● **Exercise instructions**:
From the material below, return every line that includes "const".

● **Data for this exercise**:

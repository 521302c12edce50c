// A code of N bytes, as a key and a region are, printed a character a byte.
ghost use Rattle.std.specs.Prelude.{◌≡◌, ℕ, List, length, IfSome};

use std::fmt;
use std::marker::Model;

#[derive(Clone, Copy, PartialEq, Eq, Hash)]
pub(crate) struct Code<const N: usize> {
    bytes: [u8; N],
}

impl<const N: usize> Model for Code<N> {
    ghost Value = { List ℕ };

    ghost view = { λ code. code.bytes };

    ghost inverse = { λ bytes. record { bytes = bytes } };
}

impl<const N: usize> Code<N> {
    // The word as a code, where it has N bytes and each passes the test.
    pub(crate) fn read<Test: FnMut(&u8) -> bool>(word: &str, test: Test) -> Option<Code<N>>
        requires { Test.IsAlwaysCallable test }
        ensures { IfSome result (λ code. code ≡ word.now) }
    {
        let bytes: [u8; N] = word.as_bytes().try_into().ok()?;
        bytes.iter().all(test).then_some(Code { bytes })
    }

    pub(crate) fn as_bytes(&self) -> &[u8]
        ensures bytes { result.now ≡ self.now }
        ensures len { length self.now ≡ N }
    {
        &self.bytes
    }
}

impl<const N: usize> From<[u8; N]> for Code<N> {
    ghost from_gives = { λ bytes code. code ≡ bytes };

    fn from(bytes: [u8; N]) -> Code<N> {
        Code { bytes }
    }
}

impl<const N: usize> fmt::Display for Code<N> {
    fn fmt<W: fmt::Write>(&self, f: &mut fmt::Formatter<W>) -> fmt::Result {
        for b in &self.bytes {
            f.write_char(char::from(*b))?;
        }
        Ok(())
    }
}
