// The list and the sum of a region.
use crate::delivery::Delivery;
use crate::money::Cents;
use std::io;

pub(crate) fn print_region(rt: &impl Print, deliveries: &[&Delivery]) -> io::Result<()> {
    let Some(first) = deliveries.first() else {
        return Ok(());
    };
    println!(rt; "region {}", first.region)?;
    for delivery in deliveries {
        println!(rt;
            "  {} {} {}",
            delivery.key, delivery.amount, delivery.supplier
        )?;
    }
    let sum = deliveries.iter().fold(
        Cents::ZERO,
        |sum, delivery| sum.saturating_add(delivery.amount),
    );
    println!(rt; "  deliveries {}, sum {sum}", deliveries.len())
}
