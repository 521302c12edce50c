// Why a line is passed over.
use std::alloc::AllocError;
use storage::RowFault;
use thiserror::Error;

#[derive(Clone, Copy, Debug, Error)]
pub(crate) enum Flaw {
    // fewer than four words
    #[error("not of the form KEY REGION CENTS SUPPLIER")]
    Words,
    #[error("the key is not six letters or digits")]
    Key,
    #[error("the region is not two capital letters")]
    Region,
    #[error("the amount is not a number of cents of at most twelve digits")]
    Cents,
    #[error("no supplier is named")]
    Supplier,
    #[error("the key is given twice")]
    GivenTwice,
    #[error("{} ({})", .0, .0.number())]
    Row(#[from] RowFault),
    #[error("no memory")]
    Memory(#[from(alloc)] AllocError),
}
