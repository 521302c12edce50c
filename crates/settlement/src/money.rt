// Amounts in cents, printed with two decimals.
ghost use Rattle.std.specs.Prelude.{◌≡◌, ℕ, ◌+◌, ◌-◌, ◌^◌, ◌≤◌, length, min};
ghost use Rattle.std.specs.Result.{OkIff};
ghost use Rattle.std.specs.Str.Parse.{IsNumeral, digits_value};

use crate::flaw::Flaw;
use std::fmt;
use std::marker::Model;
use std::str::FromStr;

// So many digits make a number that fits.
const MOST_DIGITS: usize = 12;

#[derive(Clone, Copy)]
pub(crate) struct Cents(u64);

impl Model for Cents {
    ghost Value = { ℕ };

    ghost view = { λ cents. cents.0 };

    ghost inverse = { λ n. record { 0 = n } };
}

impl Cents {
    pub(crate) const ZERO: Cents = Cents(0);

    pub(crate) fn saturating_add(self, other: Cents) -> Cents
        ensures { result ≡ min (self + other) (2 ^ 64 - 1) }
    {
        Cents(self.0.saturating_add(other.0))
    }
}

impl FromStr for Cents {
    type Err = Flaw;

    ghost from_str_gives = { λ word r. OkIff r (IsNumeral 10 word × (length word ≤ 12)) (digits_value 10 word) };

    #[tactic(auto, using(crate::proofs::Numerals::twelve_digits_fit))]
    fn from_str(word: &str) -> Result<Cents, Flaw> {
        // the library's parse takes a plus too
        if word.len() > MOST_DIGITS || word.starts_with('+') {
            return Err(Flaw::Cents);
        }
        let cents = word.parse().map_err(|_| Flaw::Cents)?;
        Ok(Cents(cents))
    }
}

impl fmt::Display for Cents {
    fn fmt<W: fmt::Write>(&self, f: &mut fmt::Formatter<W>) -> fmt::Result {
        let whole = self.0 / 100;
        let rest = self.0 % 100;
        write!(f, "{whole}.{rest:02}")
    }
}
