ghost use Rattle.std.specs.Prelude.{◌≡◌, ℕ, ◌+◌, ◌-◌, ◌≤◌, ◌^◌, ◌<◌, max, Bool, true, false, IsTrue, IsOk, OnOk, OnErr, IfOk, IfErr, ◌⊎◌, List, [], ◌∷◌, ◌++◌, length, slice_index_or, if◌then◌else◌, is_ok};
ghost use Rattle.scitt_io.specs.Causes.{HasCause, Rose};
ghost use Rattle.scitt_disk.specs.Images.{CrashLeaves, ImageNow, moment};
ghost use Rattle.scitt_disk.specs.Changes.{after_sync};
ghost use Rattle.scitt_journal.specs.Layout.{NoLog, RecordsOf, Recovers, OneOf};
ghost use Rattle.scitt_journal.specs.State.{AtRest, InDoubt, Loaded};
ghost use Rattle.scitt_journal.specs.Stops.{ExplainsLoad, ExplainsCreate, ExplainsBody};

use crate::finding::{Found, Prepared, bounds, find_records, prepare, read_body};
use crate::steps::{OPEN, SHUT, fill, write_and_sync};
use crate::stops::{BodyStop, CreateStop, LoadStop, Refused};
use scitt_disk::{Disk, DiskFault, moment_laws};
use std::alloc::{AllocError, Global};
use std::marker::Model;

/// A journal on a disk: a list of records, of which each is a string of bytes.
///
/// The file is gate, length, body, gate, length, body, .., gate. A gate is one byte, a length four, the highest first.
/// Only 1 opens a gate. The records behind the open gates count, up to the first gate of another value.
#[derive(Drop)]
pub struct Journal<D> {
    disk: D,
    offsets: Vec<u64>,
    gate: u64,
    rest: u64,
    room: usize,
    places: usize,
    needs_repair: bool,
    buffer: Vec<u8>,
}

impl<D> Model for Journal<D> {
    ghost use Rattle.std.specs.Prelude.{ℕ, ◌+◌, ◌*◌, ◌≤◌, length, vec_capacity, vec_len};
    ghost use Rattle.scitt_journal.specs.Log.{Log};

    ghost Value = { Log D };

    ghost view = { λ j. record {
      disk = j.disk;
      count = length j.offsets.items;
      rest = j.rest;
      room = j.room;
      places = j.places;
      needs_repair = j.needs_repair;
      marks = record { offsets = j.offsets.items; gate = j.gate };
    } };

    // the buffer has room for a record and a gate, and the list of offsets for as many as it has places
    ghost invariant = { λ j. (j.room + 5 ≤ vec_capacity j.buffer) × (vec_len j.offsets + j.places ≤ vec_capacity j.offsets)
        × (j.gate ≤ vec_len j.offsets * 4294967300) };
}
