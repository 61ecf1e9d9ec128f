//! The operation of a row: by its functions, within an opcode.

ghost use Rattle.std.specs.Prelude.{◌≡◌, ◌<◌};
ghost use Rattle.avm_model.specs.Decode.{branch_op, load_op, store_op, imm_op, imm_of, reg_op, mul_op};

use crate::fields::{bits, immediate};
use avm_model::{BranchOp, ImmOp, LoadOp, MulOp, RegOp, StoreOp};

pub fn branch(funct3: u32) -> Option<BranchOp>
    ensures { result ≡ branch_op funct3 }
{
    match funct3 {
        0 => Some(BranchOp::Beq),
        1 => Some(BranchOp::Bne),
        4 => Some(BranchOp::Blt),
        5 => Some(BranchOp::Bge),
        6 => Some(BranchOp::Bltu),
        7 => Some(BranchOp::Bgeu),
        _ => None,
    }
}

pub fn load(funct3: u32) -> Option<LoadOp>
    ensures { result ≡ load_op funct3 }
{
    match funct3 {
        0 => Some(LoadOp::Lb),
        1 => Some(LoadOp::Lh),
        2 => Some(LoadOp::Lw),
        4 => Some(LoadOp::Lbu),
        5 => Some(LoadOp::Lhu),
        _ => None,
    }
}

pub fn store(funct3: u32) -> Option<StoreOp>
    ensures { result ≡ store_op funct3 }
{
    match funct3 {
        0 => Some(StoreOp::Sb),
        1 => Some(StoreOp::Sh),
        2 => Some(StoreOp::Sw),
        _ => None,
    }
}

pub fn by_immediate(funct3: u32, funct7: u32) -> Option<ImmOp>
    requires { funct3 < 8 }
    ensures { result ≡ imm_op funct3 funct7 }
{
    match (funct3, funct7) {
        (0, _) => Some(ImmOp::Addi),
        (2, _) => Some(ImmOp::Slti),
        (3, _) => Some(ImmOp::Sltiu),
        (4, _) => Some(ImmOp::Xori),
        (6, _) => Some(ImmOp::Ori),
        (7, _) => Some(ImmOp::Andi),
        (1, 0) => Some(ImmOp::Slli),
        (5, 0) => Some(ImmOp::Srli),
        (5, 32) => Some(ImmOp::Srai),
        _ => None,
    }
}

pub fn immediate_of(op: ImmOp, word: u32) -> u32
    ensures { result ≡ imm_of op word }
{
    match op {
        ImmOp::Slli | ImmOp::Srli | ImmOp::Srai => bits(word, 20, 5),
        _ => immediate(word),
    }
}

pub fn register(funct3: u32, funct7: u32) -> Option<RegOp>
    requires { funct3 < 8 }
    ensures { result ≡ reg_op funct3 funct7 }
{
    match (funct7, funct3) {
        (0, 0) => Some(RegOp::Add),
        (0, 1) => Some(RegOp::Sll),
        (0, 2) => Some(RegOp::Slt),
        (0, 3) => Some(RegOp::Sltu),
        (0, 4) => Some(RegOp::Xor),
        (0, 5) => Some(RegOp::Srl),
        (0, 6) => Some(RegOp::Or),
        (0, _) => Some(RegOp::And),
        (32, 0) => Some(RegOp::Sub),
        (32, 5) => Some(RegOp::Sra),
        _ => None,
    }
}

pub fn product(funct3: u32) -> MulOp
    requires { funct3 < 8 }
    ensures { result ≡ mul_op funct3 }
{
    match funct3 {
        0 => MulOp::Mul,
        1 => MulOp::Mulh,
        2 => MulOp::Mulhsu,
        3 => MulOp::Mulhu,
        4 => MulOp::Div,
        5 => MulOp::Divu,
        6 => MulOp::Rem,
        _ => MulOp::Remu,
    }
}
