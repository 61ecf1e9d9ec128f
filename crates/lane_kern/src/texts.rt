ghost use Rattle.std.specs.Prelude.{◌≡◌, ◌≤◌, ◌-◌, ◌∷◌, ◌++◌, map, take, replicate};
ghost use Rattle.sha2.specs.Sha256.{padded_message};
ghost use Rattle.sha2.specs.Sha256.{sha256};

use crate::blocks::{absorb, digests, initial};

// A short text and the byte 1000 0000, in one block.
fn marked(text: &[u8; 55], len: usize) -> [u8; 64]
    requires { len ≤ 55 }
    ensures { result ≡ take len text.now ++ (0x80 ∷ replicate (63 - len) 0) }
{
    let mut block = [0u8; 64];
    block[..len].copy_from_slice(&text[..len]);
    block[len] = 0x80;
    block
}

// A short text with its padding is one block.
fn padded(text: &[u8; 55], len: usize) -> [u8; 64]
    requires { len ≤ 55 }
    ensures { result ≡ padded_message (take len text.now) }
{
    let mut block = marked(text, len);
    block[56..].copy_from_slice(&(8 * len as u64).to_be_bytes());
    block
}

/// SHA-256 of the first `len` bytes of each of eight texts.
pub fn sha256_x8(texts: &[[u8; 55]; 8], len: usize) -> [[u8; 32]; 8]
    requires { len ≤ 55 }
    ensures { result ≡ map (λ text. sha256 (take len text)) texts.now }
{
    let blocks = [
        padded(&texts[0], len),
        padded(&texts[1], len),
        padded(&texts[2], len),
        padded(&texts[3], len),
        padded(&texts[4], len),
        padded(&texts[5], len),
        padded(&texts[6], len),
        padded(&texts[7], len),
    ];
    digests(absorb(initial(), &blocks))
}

● **Your response**:
pub(crate) struct Code<const N: usize> {
impl<const N: usize> Model for Code<N> {
impl<const N: usize> Code<N> {
impl<const N: usize> From<[u8; N]> for Code<N> {
impl<const N: usize> fmt::Display for Code<N> {
const MOST_DIGITS: usize = 12;
    pub(crate) const ZERO: Cents = Cents(0);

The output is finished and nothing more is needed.